- **EXCERPTED RECORDS**
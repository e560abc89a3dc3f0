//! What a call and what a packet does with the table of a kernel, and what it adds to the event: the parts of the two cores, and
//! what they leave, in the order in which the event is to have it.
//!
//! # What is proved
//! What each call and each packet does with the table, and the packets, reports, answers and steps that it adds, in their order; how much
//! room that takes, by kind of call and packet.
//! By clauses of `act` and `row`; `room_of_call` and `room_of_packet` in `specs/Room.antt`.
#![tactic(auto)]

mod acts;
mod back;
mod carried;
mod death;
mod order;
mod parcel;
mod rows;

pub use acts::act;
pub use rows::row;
* * *
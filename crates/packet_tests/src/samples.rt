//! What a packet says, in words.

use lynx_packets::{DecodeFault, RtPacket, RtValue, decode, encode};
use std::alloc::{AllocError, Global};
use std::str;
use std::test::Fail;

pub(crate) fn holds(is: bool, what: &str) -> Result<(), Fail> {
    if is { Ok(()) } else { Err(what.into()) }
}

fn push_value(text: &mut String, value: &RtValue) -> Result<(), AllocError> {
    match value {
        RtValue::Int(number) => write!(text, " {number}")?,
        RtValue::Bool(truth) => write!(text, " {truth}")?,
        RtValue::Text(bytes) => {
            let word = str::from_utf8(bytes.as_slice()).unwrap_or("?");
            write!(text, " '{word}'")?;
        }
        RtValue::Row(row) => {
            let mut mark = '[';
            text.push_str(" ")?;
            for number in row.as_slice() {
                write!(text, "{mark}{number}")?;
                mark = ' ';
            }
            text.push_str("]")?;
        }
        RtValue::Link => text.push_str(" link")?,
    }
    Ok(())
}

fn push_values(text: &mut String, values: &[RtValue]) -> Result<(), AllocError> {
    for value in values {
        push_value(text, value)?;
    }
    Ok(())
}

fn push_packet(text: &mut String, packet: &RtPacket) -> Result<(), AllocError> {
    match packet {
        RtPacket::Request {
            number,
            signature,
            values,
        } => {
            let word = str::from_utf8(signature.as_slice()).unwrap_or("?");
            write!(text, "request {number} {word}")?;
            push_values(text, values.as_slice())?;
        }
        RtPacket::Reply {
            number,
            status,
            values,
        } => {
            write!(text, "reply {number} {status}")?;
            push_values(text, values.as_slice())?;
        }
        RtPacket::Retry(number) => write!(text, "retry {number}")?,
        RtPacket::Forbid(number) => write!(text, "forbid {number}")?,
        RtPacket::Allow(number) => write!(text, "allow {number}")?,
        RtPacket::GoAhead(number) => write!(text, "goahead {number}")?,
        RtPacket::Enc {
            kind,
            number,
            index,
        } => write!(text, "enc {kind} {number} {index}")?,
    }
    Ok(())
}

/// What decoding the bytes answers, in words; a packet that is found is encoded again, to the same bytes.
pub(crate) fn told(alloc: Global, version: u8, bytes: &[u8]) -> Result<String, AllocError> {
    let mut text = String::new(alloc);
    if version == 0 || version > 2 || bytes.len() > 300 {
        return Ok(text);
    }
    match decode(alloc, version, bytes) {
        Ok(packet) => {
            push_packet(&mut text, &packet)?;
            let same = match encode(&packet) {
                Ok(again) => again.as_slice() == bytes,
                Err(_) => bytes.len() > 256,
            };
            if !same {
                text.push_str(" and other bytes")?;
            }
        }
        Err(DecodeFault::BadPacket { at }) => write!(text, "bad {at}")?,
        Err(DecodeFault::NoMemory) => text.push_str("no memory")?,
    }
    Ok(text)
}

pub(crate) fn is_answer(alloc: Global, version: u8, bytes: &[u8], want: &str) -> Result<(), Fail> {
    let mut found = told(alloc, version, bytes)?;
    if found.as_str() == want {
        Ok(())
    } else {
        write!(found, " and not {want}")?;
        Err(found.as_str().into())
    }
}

- **ACTIVITY**
Each line above that holds the string "found" should be copied and shown.

- **WRITTEN ANSWER**
/// What decoding the bytes answers, in words; a packet that is found is encoded again, to the same bytes.
    let mut found = told(alloc, version, bytes)?;
    if found.as_str() == want {
        write!(found, " and not {want}")?;
        Err(found.as_str().into())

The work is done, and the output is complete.